Major brands learning sponsorships can play well with their clients and their employees

Cognizant, Mizuho, ShopRite, Acer, KPMG. These companies have two things in common: They are major brands — and they understand the added value that comes through the sponsorship of women’s sports.

That’s the way LPGA Commissioner Mollie Marcoux Samaan sees it. As a former star player and athletic director at Princeton University, Marcoux Samaan has seen the impact sports has on women firsthand. As a business executive — and now a commissioner — she understands the impact it can have on a company.

But only certain companies, she said.

Mollie Marcoux Samaan. (LPGA)

“It certainly has to make sense for brands from a commercial standpoint — and we think it does — but the value is really there if you look forward into where the women’s sports are going,” she said.

“We feel there’s this added bonus of a corporation being able to speak to their values and speak to what they care about. They can use this platform to empower and advance and transform women more broadly.”

It’s a statement as much as it’s a sponsorship, Marcoux Samaan said.

“It’s brand alignment and brand vision,” she said. “There’s this great association where companies can say to not only their customers, but to their employees that we really care about diversity — we don’t just talk about it. We’re putting out our dollars to show it.”

Teaneck-based Cognizant, which is the title sponsor of this week’s Founders Cup event at the Upper Montclair Country Club in Clifton, certainly feels that way.

Antonella Bonanni, Cognizant’s chief marketing officer for the Americas, said the event’s vision matches the mission of the company, which has made bringing more women into the tech community a primary focus.

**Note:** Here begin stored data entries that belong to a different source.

//! Making plans: the groups of a workload are judged, and what a plan keeps of each is built.
//!
//! The layers above may rely on this: [`make_plan`] gives the plan of a workload with its classes and groups, or finds
//! no memory for it; `Unfit` comes exactly if the groups are not accepted or the classes are not those of the
//! workload's immediate pieces, whatever memory there is. The words of its contract stand in `roc_plan` and
//! `roc_merge_groups`. Only the check of a workload makes plans: servers and coordinators stand on `roc_plan` alone.
#![tactic(auto)]

mod build;
mod fault;
mod making;
mod names;
mod replies;

pub use fault::PlanFault;
pub use making::make_plan;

Antonella Bonanni. (Cognizant)

“We have made an aggressive commitment to helping our women associates not just succeed, but flourish,” she told ROI-NJ last month.

Marcoux Samaan said so many other companies are following — and she feels the payoff will come in ways other than just titles and sponsorship dollars.

“Sports provide great gains for everyone, but particularly for girls,” she said. “If you really project out what girls learn from playing sports, you’ll see it will transform their careers. It’s not just their happiness and growth as a kid, but it will take them to the next level of their life.

“I think the statistic is 95% of female C-suite executives played sports. That’s gigantic. We think it’s our responsibility at the LPGA to dig in on the grassroots level and grow the game, grow the opportunities and make that happen.”

It’s everything Marcoux Samaan dared to dream about when she was a two-sport star at Princeton in the late 1980s. She’s happy to see the new reality — and eager to help it continue.

“It’s been a mindset shift more than anything else,” she said. “We’re seeing it everywhere.

“We’re seeing that, if you put the NCAA Tournament on in good times with good promotion and good marketing, people will watch it, will follow it and be super-energized by it. That’s what we’re capitalizing on.”

Bonanni said Cognizant is all-in.

“We were looking for an organization that was putting in the same time and resources to help increase opportunities for women — that’s what the LPGA is all about,” she said. “Everything about the LPGA was a perfect fit because of its commitment to leveling the playing field for women and fighting for them to get the same opportunities and recognition as their male counterparts.

“It really was synergistic in terms of what we want to achieve as a company in terms of our commitment to diversity, inclusion, specifically when it comes to women’s issues.”